“Primero el culo, después la personalidad”: el pretendiente tiene claras sus prioridades. Es uno de los participantes de Amor a primera bestia (traducción virtuosa: un título mucho mejor que el original, Sexy Beasts), el nuevo reality de citas a ciegas que acaba de estrenar Netflix: maquillados con extraordinarias máscaras de bestias, ellos y ellas no se ven los rostros en un intento de “poner fin a los romances superficiales”. Pero a juzgar por los lomos que el látex no llega a cubrir y la somera presentación de los concursantes (“ella es una modelo de 1,80 metro que trabaja en Nueva York y se cansó de que la miren solo por su aspecto”), el programa hace agua ahí donde podría haber estado el filón: en la época en que se discute la belleza hegemónica de los cuerpos, el truco de afear a los lindos supone más atraso que evolución.

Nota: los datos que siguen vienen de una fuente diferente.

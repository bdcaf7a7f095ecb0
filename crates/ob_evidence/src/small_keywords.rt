//! Keywords in small letters, and the first token of a statement.

ghost use Rattle.std.specs.Prelude.{◌≡◌, ◌↔◌, find, map, IfNone, IfOk, IfSome, IsTrue};
ghost use Rattle.std.specs.Char.{to_ascii_uppercase};
ghost use Rattle.ob_evidence.specs.Keywords.{IsKeyword, IsNew, TellsSmallKeyword, first_of_statement, leads_there, next_behind};
ghost use Rattle.ob_evidence.specs.Sites.{scene_of};

use crate::nearest_names::leads_to_statement;
use crate::text_site::{Site, is_kind};
use ob_explain_words::declaring::declares;
use ob_scan::keyword::keyword;
use ob_scan::{Kind, Token};
use std::alloc::{AllocError, Global};

/// The keyword that a token is in capitals, if it is a name that the text does not declare.
pub fn small_keyword(
    alloc: Global,
    site: &Site<'_, '_>,
    name: Token,
) -> Result<Option<Kind>, AllocError>
    ensures { IfOk result (TellsSmallKeyword (scene_of site.now) name) }
{
    if !is_new(site, name) {
        return Ok(None);
    }
    let capitals = capitals(alloc, site.word_of(Some(name)))?;
    Ok(keyword_of(&capitals))
}

/// Whether a token is a name that the text does not declare.
pub(crate) fn is_new(site: &Site<'_, '_>, name: Token) -> bool
    ensures { IsTrue result ↔ IsNew (scene_of site.now) name }
{
    is_kind(Some(name), Kind::Ident) && !declares(site.text, site.tokens, site.word_of(Some(name)))
}

/// The keyword that a word is.
fn keyword_of(word: &[u8]) -> Option<Kind>
    ensures is { IfSome result (IsKeyword word.now) }
    ensures none { IfNone result ((kind : Kind) → IsKeyword word.now kind → ⊥) }
{
    match word.first() {
        Some(first) if first.is_ascii_alphabetic() => keyword(word),
        _ => None,
    }
}

/// A word in capitals.
pub fn capitals(alloc: Global, word: &[u8]) -> Result<Vec<u8>, AllocError>
    ensures { IfOk result (λ whole. whole.items ≡ map to_ascii_uppercase word.now) }
{
    let mut whole = Vec::new(alloc);
    for byte in word {
        whole.push(byte.to_ascii_uppercase())?;
    }
    Ok(whole)
}

/// The first token of the statement in which the place stands.
pub fn first_of_statement(site: &Site<'_, '_>) -> Option<Token>
    ensures { result ≡ first_of_statement (scene_of site.now) }
{
    match leader(site.before) {
        Some(leader) => next_behind(site.tokens, leader.start),
        None => None,
    }
}

/// The first of these tokens behind which a statement may begin.
fn leader(tokens: &[Token]) -> Option<Token>
    ensures { result ≡ find leads_there tokens.now }
{
    tokens
        .iter()
        .copied()
        .find(|token| leads_to_statement(token.kind))
}

/// The first token behind a place.
pub fn next_behind(tokens: &[Token], place: usize) -> Option<Token>
    ensures { result ≡ next_behind tokens.now place }
{
    tokens.iter().copied().find(|token| place < token.start)
}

El viejo truco del reality de citas a ciegas: a destiempo de una época en que se valora la diversidad más que la hegemonía.

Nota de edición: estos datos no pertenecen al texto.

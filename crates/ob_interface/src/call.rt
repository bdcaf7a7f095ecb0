//! Calls on an object, and their replies.

use crate::scalar::Scalar;
use smallvec::SmallVec;

/// A call on the object: the number of an export, and the value arguments in text order.
#[derive(Drop)]
pub struct Call {
    pub proc: usize,
    pub args: SmallVec<Scalar, 8>,
}

/// What a call answers.
#[derive(Drop)]
pub enum Reply {
    /// The final values of the VAR parameters, in text order.
    Done(SmallVec<Scalar, 8>),
    /// The number of a trap.
    Trap(u8),
}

Según el diccionario, las definiciones inmediatas para bestia son animal o monstruo: en la taxonomía de los FX, el gorila o el Frankenstein. En el reality de Netflix, una soltera enmascarada debe elegir a uno entre tres pretendientes también ocultos del sexo opuesto (todos los romances que se anhelan con estrictamente heterosexuales): bajo la máscara de mandril, un jugador profesional de vóley no puede contener el lomo deportivo; un hombre-estatua deslumbra con los dientes alineados como las teclas de un Steinway; y aun disminuido por el disfraz de ratón a otro se le marca el musculito. Vedados de la ostentación física en la era de la selfi, solo disponen de un recurso para la conquista: la parla. Y exceptuados de la pregunta cruel de Roberto Galán (“¿el caballero es propietario o alquila?”), ellos develarán su rostro en el momento del plantón o el flechazo: inevitablemente todos serán altos, atléticos, cis, rubios o morenos y gozarán de esa belleza canónica, la que definen un par de ojazos celestes o los bíceps como pelotas de handball. Lejos de la realidad corporal, el reality carga con el karma de la oportunidad perdida: si la cultura de masas tradicional, desde Hollywood hasta Madison Avenue y los influencers que tiñen de filtros sus cuerpos esculpidos, planteó un modelo único de belleza, hoy se valora la diversidad más que la hegemonía.
El culo manda: a confesión de partes, relevo de pruebas. En Amor a primera bestia, las capas gruesas de maquillaje no disimulan bizqueras o rollitos: no los hay. Con la terrorífica sucesión de zombies de látex reviven una antigua canción que pedía el castigo final para los que tengan la cara desordenada: “¡Que se mueran los feos, toditos, toditos, toditos, toditos los feos, que se mueran!”.